False positives costing businesses ‘millions’, say CIOs

CIOs say their teams are flooded with alerts, with stolen resources amounting to potentially millions in lost revenue.
23 January 2020

Constant alerts are slowing down IT operations. Source: Shutterstock

IT and cloud operations teams are being bombarded by nearly 3,000 alerts from monitoring and management tools each day, according to new Vanson Bourne research commissioned by Dynatrace.

The 2020 Global CIO Report report describes these teams as “drowning in a data deluge.”

Of the hundreds or thousands of alerts received each day, many are false positives, duplicates or low priority said respondents comprising 800 CIOs in enterprises of more than 1,000 employees.

Just 26 percent of those daily alerts need actioning, they said. 

Traditional monitoring tools weren’t designed to handle the volume, velocity and variety of data generated by applications running in dynamic, web-scale enterprise clouds. Tools are often siloed and lack the broader context of events taking place.

IT teams are pinged with a surge of alerts as a result, and must spend an average of 15 percent of their time identifying which alerts need addressing.

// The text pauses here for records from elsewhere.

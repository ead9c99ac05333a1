//! Why no clauses are made.

/// Why `encode` gives up.
#[derive(Clone, Copy, Debug, PartialEq, Eq)]
pub enum EncodeFault {
    /// No memory for the clauses.
    Memory,
}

Time allocated to this task is making it hard to automate enterprise cloud operations, and is leading to problems which could have been prevented for the majority. 

Not only is this hampering time spent on supporting the business and its customers, time swallowed up manually filtering out false positives and duplicates is estimated to come at massive cost to organizations. 

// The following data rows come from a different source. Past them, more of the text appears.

//! The clauses of a view and of a question.
ghost use Rattle.std.specs.Prelude.{◌≡◌, ◌*◌, ◌<◌, ◌≤◌, ◌^◌, ⊤, length, IfOk, OnOk, map};
ghost use Rattle.std.specs.List.{All};
ghost use Rattle.net_view.specs.View.{Reads, renumbered, IsGateAt};
ghost use Rattle.tern_cnf.specs.Rails.{clauses_from, clauses_of};
ghost use Rattle.tern_cnf.specs.Asked.{variables, AreSources, CanBeAdded};
ghost use Rattle.tern_cnf.specs.States.{ModelsAreStates};
ghost use Rattle.tern_cnf.specs.Grown.{with_clauses, AreMarks};

use crate::fault::EncodeFault;
use crate::question::Question;
use crate::rows::add_node;
use crate::writer::add;
use net_view::{Gate, View};
use sat_chain::Clauses;
use std::alloc::Global;

/// A gate of a view, over numbers.
fn numbered<V: View>(view: &V, gate: Gate<V::Node, V::Src>) -> Gate<u32, u32>
    requires { Reads (λ j. j < length (V.gates view.now)) (λ s. s < V.source_count view.now)
        (renumbered V.node_number V.source_number gate) }
    ensures { result ≡ renumbered V.node_number V.source_number gate }
{
    match gate {
        Gate::Const(bit) => Gate::Const(bit),
        Gate::Source(s) => Gate::Source(view.src_index(s)),
        Gate::Not(a) => Gate::Not(view.index(a)),
        Gate::And(a, b) => Gate::And(view.index(a), view.index(b)),
        Gate::Or(a, b) => Gate::Or(view.index(a), view.index(b)),
        Gate::Xor(a, b) => Gate::Xor(view.index(a), view.index(b)),
        Gate::Pick(pin, a, b) => Gate::Pick(view.index(pin), view.index(a), view.index(b)),
        Gate::Lift(pin, a, reset) => Gate::Lift(view.index(pin), view.index(a), reset),
    }
}

/// The gate of a number.
fn gate_at<V: View>(view: &V, n: u32) -> Gate<u32, u32>
    requires { n < length (V.gates view.now) }
    ensures at { IsGateAt (V.gates view.now) n result }
    ensures below { Reads (λ j. j < n) (λ s. ⊤) result }
{
    let _lawful = view.nodes();
    let Some(node) = view.node(n) else {
        unreachable!();
    };
    numbered(view, view.gate(node))
}

/// For each node whether it is listed.
fn marks_of(alloc: Global, nodes: u32, listed: &[u32]) -> Result<Vec<bool>, EncodeFault>
    requires { All (λ k. k < nodes) listed.now }
    ensures { IfOk result (λ marks. AreMarks marks.items listed.now nodes) }
{
    let Ok(mut marks) = vec![in alloc; false; nodes as usize] else {
        return Err(EncodeFault::Memory);
    };
    for k in listed {
        marks[*k as usize] = true;
    }
    Ok(marks)
}

/// The clauses of a view's nodes.
fn add_nodes<V: View>(
    alloc: Global,
    out: &mut Clauses,
    view: &V,
    fixed: &[u32],
) -> Result<(), EncodeFault>
    requires fixed { All (λ k. k < length (V.gates view.now)) fixed.now }
    requires room { 2 * length (V.gates view.now) ≤ out.old.vars }
    requires few { out.old.vars < 2 ^ 31 }
    ensures { OnOk result (out.new ≡ with_clauses out.old (clauses_from fixed.now 0 (V.gates view.now))) }
{
    let nodes = view.nodes();
    let marks = marks_of(alloc, nodes, fixed)?;
    'nodes: for n in 0..nodes {
        add_node(out, marks[n as usize], n, gate_at(view, n))?;
    }
    Ok(())
}

/// Further clauses, as they are.
fn add_all(out: &mut Clauses, side: &[Vec<i32>]) -> Result<(), EncodeFault>
    requires { CanBeAdded out.old.vars (map (λ c. c.items) side.now) }
    ensures { OnOk result (out.new ≡ with_clauses out.old (map (λ c. c.items) side.now)) }
{
    for clause in side {
        add(out, clause.as_slice())?;
    }
    Ok(())
}

/// The clauses of a question about a view: those of the nodes in their order, and then those of `side`.
pub fn encode<V: View>(alloc: Global, view: &V, question: &Question) -> Result<Clauses, EncodeFault>
    requires few { variables (V.gates view.now) question.now.extra < 2 ^ 31 }
    requires fixed { AreSources (V.gates view.now) question.now.fixed }
    requires side { CanBeAdded (variables (V.gates view.now) question.now.extra) question.now.side }
    ensures value { IfOk result (λ made. made ≡ record {
      vars = variables (V.gates view.now) question.now.extra;
      clauses = clauses_of (V.gates view.now) question.now.fixed question.now.side;
    }) }
    ensures models { IfOk result (λ made. ModelsAreStates (V.gates view.now) question.now.fixed question.now.side made.clauses) }
{
    let mut out = Clauses::new(alloc, 2 * view.nodes() + question.extra);
    add_nodes(alloc, &mut out, view, question.fixed.as_slice())?;
    add_all(&mut out, question.side.as_slice())?;
    Ok(out)
}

In companies that spent an average of US$10.2 million on IT staff annually, for example, time ‘asking questions’ would cost US$1.5 million each year. 

Organizations require a “radically different” approach, and autonomous cloud operations represent the next stage, beginning with automating continuous delivery and operational tasks, to enable self-healing applications and auto-remediation.

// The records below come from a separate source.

//! What the clauses mean. The laws compute nothing.

ghost use Rattle.std.specs.Prelude.{◌≡◌, ℕ, ◌*◌, ◌<◌, Bool, List, length, ℤ};
ghost use Rattle.rdc_tern.specs.declared.value.Tern.{Tern};
ghost use Rattle.net_view.specs.View.{Numbered, IsNet};
ghost use Rattle.tern_cnf.specs.Rails.{clauses_of};
ghost use Rattle.tern_cnf.specs.Sums.{ClauseMeans, SumMeans};
ghost use Rattle.tern_cnf.specs.Asked.{AreSources};
ghost use Rattle.tern_cnf.specs.States.{assignment, HasRails, ModelsAreStates};

/// The models of a net's clauses are the ternary states that meet the question, and each state makes an assignment.
pub fn models_are_states()
    ensures models { (gates : List Numbered) (sources : ℕ) (fixed : List ℕ) (side : List (List ℤ)) → IsNet gates sources →
        AreSources gates fixed → ModelsAreStates gates fixed side (clauses_of gates fixed side) }

    ensures rails { (values : List Tern) (more : ℕ → Bool) → HasRails (assignment values more) values }
    ensures further { (values : List Tern) (more : ℕ → Bool) (v : ℕ) → 2 * length values < v → assignment values more v ≡ more v }
{}

/// A clause says that one of its literals is true, and the clauses of a sum of products that a rail is worth that sum.
pub fn clauses_are_equations()
    ensures clause { ClauseMeans }
    ensures sum { SumMeans }
{}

“Several years ago, we saw that the scale and complexity of enterprise cloud environments was set to soar beyond the capabilities of today’s IT and cloud operations teams,” said Bernd Greifeneder, CTO and founder, Dynatrace. 

“We realized traditional monitoring tools and approaches wouldn’t come close to understanding the volume, velocity and variety of alerts that are generated today.”

The rise of AIOps solutions

In answer to these challenges– which are in no way unique to the Dynatrace study– artificial intelligence (AI), machine learning and big data analytics technologies are swiftly finding their place in IT operations, under the AIOps umbrella. 

The promise behind these tools is that organizations will be able to fully automate many of their IT Ops teams’ traditional tasks and free resources for higher-value, more complex challenges. 

Instead of relying on human engineers to figure out why a service or application has stopped working or slowed down, AIOps tools can use data to interpret the problem and fix it automatically. They can identify and preempt possible incidents on the horizon by analyzing behavioral and historical data with sophisticated algorithms and machine learning techniques. 

The intended benefits of these tools are pretty self-explanatory: by being able to detect and react to events in real time, they boost efficiency, hand businesses more control over their applications and infrastructure, and give IT and cloud operations teams their time back to focus on building seamless experiences. 

These tools are effective and, given the scale of the challenges exposed in Dynatrace’s survey, it’s unsurprising that there is now a swelling market of solutions.

 But activating AIOps is certainly not as easy as “flipping a switch”. AIOps tools still need to be steered and “trained” to serve their purposes. New technologies and functions– such as cloud-native infrastructure and DevOps– produce exponentially more data than legacy technologies. 

Human engineers must continually optimize tools and tweak workflows to accommodate changes in data sets, workloads and demands. Critical evaluation is required of where data is coming from, how it’s processed and whether its complete in the information it provides. 

Finally, and like the introduction of automation initiatives across other areas of industry, implementing AIOps can be met by internal friction and misunderstanding. Not all teams will be eager to embrace technology that’s poised to make redundant, to some degree, areas of their skill sets which have been developed over time. 

Business leaders must consider the potential cultural disruption caused by the introduction of automation technologies, ensuring transparency as to wider motivations. 

Training teams most impacted around the technology’s value, addressing fears and gaining buy-in is vital, as well as running several small-scale trials in a ‘real-world’ environment.